In various scan data applications, the comparison of scan data sets of different time periods provides a meaningful representation of the increase or decrease of the values, which are in focus. This is made possible by a new software module for 3D voxel analysis, which is available with RiSCAN PRO, RIEGL‘s corporate software for 3D scan data acquisition, registration, and post-processing to output deliverables for many different lidar applications.
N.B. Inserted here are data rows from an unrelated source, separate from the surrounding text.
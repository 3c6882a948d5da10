//! Reading a tree from a text.
ghost use Rattle.std.specs.Prelude.{◌≡◌, IfOk, IfErr, IsErrOf};
ghost use Rattle.ts_tree.specs.Decoding.{DecodesTree, FindsNoTree};

use crate::fault::TreeFault;
use crate::reader::TreeReader;
use crate::tree::Tree;
use std::alloc::Global;
use ts_text::{Lines, Source};

/// The tree that the lines spell, all of them.
///
/// More than 2^64 - 2 lines are answered as out of memory, since no memory holds their tree.
pub fn decode<S: Source>(alloc: Global, lines: &mut Lines<S>) -> Result<Tree, TreeFault>
    ensures found { IfOk result (DecodesTree lines.old) }
    ensures refused { IfErr result (FindsNoTree lines.old lines.new) }
    ensures unfailed { ¬ IsErrOf result TreeFault.Failed → lines.new.failures ≡ lines.old.failures }
{
    let mut reader = TreeReader::new(alloc);
    for _ in 0..u64::MAX {
        if !lines.advance()? {
            return reader.finish();
        }
        reader.line(alloc, lines.line())?;
    }
    Err(TreeFault::OutOfMemory)
}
How 3D voxels are used for surface comparisons
A voxel dataset is a 3D raster representation of the scan data. Such a voxel dataset is defined by the voxel size, which defines the cube size of the 3D raster. The scan data within each voxel is analyzed and a Principle Component Analysis (PCA) delivers a plane estimation with a normal vector derived from the scan data for every voxel (right). The orientation of the normal vector and the standard deviation of the scan data, in respect to the estimated plane, are stored as data attributes for each voxel. The standard deviation is an indicator for the noise of the scan data and therefore, for the roughness of the scanned surface.
In the next step, voxels of the same size are extracted from a comparison dataset of a different time period. Every voxel of this second dataset finally gets a new data attribute named “distance to surface”, which shows the distance along the normal vector of the reference dataset to the closest voxel of the comparison dataset (right). This attribute can be interpreted as the surface change between the two datasets.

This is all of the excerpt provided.